- MATERIAL SUPPLIED -
====================
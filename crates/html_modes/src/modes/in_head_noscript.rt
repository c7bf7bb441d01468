//! The "in head noscript" insertion mode (HTML Standard, section 13.2.6.4.5).
ghost use Rattle.std.specs.Prelude.{◌≡◌};
ghost use Rattle.html_rules.specs.Modes.InHeadNoscript.{in_head_noscript};
ghost use Rattle.html_modes.specs.Tables.{rows_of};

use crate::table::Action::{Nothing, ParseError, Pop, SwitchTo};
use crate::table::Class::{AnyEndTag, AnythingElse, Comment, EndTags, StartTags, WhiteSpace};
use crate::table::Conclusion::{Done, Reprocess, Using};
use crate::table::{Row, row};
use html_rules::{InsertionMode, TagSet};

const IN_HEAD_NOSCRIPT: &[Row] = &[
    row!(
        StartTags(TagSet::Html),
        [Nothing],
        Using(InsertionMode::InBody)
    ),
    row!(
        EndTags(TagSet::Noscript),
        [Pop, SwitchTo(InsertionMode::InHead)],
        Done
    ),
    row!(WhiteSpace, [Nothing], Using(InsertionMode::InHead)),
    row!(Comment, [Nothing], Using(InsertionMode::InHead)),
    row!(
        StartTags(TagSet::NoscriptContent),
        [Nothing],
        Using(InsertionMode::InHead)
    ),
    row!(
        EndTags(TagSet::Br),
        [ParseError, Pop],
        Reprocess(InsertionMode::InHead)
    ),
    row!(StartTags(TagSet::HeadNoscript), [ParseError], Done),
    row!(AnyEndTag, [ParseError], Done),
    row!(
        AnythingElse,
        [ParseError, Pop],
        Reprocess(InsertionMode::InHead)
    ),
];

/// The rows.
pub(crate) fn rows() -> &'static [Row]
    ensures { rows_of result.now ≡ in_head_noscript }
{
    IN_HEAD_NOSCRIPT
}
====================
- ASSIGNED TASK -
Your task is to set down all of the entries exactly as they appear.

- ANSWER TO THE EXERCISE -
filename crates/html_modes/src/modes/in_head_noscript.rt
repository c7bf7bb441d01468
//! The "in head noscript" insertion mode (HTML Standard, section 13.2.6.4.5).
ghost use Rattle.std.specs.Prelude.{◌≡◌};
ghost use Rattle.html_rules.specs.Modes.InHeadNoscript.{in_head_noscript};
ghost use Rattle.html_modes.specs.Tables.{rows_of};

use crate::table::Action::{Nothing, ParseError, Pop, SwitchTo};
use crate::table::Class::{AnyEndTag, AnythingElse, Comment, EndTags, StartTags, WhiteSpace};
use crate::table::Conclusion::{Done, Reprocess, Using};
use crate::table::{Row, row};
use html_rules::{InsertionMode, TagSet};

const IN_HEAD_NOSCRIPT: &[Row] = &[
    row!(
        StartTags(TagSet::Html),
        [Nothing],
        Using(InsertionMode::InBody)
    ),
    row!(
        EndTags(TagSet::Noscript),
        [Pop, SwitchTo(InsertionMode::InHead)],
        Done
    ),
    row!(WhiteSpace, [Nothing], Using(InsertionMode::InHead)),
    row!(Comment, [Nothing], Using(InsertionMode::InHead)),
    row!(
        StartTags(TagSet::NoscriptContent),
        [Nothing],
        Using(InsertionMode::InHead)
    ),
    row!(
        EndTags(TagSet::Br),
        [ParseError, Pop],
        Reprocess(InsertionMode::InHead)
    ),
    row!(StartTags(TagSet::HeadNoscript), [ParseError], Done),
    row!(AnyEndTag, [ParseError], Done),
    row!(
        AnythingElse,
        [ParseError, Pop],
        Reprocess(InsertionMode::InHead)
    ),
];

/// The rows.
pub(crate) fn rows() -> &'static [Row]
    ensures { rows_of result.now ≡ in_head_noscript }
{
    IN_HEAD_NOSCRIPT
}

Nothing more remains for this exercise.